那个“暂时安全的地方”,是西郊废弃的农机站仓库。洪英乔曾陪父亲来修过一次拖拉机,记得仓库后面有个堆放破旧零件的隔间,隐蔽,干燥,有张缺了腿用砖头垫着的行军床,还有一套积满灰尘、但或许还能用的老式工具箱。
从树林到农机站,不到两公里,他们走了近一个小时。徐在宇的伤比看起来重,腹部伤口一直在渗血,脸色由白转青,呼吸越来越急促,脚步虚浮,几乎完全靠洪英乔拖拽着前行。好几次,他差点滑倒,洪英乔用尽全身力气才稳住他。汗水浸透了她的运动服,和徐在宇的血混在一起,黏腻冰冷。
推开吱呀作响的仓库铁门,霉味和铁锈味扑面而来。月光从破损的屋顶和窗户漏下,照亮空气中飞舞的尘埃。洪英乔将徐在宇扶到隔间的行军床上,他立刻瘫软下去,额头上全是冷汗,牙齿因为疼痛和失血过多而轻微打颤。

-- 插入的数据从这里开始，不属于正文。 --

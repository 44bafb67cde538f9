// A run of the PAW processor: steps until a budget is spent.
#![tactic(auto)]

mod lent;
mod notes;
mod runs;

pub use lent::{RanLent, run_lent};
pub use notes::note_left;
pub use runs::{Ran, RunOutcome, run};
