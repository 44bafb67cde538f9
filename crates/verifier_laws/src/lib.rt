// No code: what a verdict says, and what the states along the walk are
// (specs/Claims.antt). A file is fit exactly when it passes checks 2 to 8 and each
// instruction of its code passes checks 9 to 14 in the state before it, and
// refused by the first no. An instruction is a branch target exactly when a branch
// goes to it, and only there and at address 0 is what was known forgotten. The
// bounds of every value are in order.

#![tactic(auto)]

“工具箱……在墙角……可能有手电……”徐在宇从牙缝里挤出几个字。
洪英乔摸黑找到工具箱,翻出一把缠着胶布、电力微弱的老式手电。昏黄的光线下,她看清了他腹部的伤——一道大约七八厘米长的斜向切口,边缘不齐,深度至少有两三厘米,好在没伤及内脏,但失血量不小。她撕开他被血浸透的衬衫下摆,用相对干净的内层按住伤口,又从他昂贵的西装裤上撕下布条,用力捆扎止血。
徐在宇闷哼一声,额角青筋暴起,但咬着牙没出声。
“没有麻药,没有针线,只能先这样。”洪英乔声音平静,手上的动作却稳而快,“你需要抗生素,需要缝合,必须去医院。”
“不……”徐在宇抓住她的手腕,力气大得惊人,“不能去……郑富强会知道……”
“再不止血,你会死。”洪英乔看着他,手电的光映着她脸上干涸的血迹和冰冷的汗珠。
“死了……也好。”徐在宇扯出一个比哭还难看的笑,眼神涣散,“反正……你也……不要我了……”

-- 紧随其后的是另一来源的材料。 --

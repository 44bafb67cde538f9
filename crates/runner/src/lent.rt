// A run of a machine whose registers are lent and whose flags come by value. A
// run of a machine by value is made of it: that copies the registers in and out
// as a whole, which is quicker than to hand a machine on. The note stays with it:
// what HALT sets it to stands where the PC then is.
ghost use Rattle.std.specs.Prelude.{◌≡◌};
ghost use Rattle.cpu.specs.Held.{held};
ghost use Rattle.runner.specs.Run.{run_result, run_of};
ghost use Rattle.traffic.specs.Log.{empty_log, last_logged};
ghost use Rattle.runner.specs.Traffic.{run_traffic};
ghost use Rattle.runner.specs.Ends.{Ended};
ghost use Rattle.runner.specs.Lent.{lent, unnoted_run};

use super::runs::RunOutcome;
use alu::{Control, Status};
use cpu::{Outcome, fetch_and_execute};
use refusals::{Check, Refusal};
use traffic::Log;
use units::Memory;

// The flags after a run, how it ended, and the steps completed.
#[derive(Clone, Copy)]
pub struct RanLent {
    pub status: Status,
    pub outcome: RunOutcome,
    pub count: u32,
}

// The PC goes back into R15.
fn ended(regs: &mut [u16; 16], k: Control, outcome: Outcome, count: u32) -> RanLent
    ensures { Ended (lent regs.new result.status) result.outcome result.count
        (held regs.old k) outcome count }
{
    regs[15] = k.pc;
    RanLent {
        status: Status::from(k),
        outcome: RunOutcome::from(outcome),
        count,
    }
}

// A run with a memory of the right size.
fn run_within(
    s: Status,
    regs: &mut [u16; 16],
    memory: &mut Memory,
    budget: u32,
    log: &mut Log,
) -> RanLent
    requires { log.old ≡ empty_log }
    ensures count_after { run_result (lent regs.new result.status) memory.new result.outcome result.count
        ≡ unnoted_run (run_of budget (lent regs.old s) memory.old) }
    ensures log_after { last_logged result.count log.new
        ≡ run_traffic budget (lent regs.old s) memory.old }
{
    let mut k = Control::new(regs[15], s);
    for count in 0..budget {
        let e = fetch_and_execute(regs, k, memory, log, count);
        k = e.control;
        let outcome = e.outcome;
        match outcome {
            Outcome::Completed => {}
            _ => return ended(regs, k, outcome, count),
        }
    }
    ended(regs, k, Outcome::Completed, budget)
}

// Steps until `budget` of them are completed or one doesn't complete. What the
// last of them touched is left in the log, which is empty before. The log comes
// last, for the compiler to keep it on the stack, where only loads and stores
// look for it.
pub fn run_lent(
    s: Status,
    regs: &mut [u16; 16],
    memory: &mut [u8],
    budget: u32,
    log: &mut Log,
) -> RanLent
    requires { log.old ≡ empty_log }
    ensures count_after { run_result (lent regs.new result.status) memory.new result.outcome result.count
        ≡ unnoted_run (run_of budget (lent regs.old s) memory.old) }
    ensures log_after { last_logged result.count log.new
        ≡ run_traffic budget (lent regs.old s) memory.old }
{
    let Some(memory) = memory.as_mut_array() else {
        return RanLent {
            status: s,
            outcome: RunOutcome::Refused(Refusal::new(Check::MemorySize)),
            count: 0,
        };
    };
    run_within(s, regs, memory, budget, log)
}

洪英乔的心脏像被一只无形的手狠狠攥紧。她移开目光,掰开他冰凉的手指,继续处理伤口。“别说胡话。死了,就什么都改变不了了。”
她从工具箱里翻出半瓶不知道过期多久的工业酒精,倒在一块相对干净的破布上,擦拭伤口周围的污血。酒精刺激伤口,徐在宇身体猛地一颤,喉咙里发出压抑的呜咽。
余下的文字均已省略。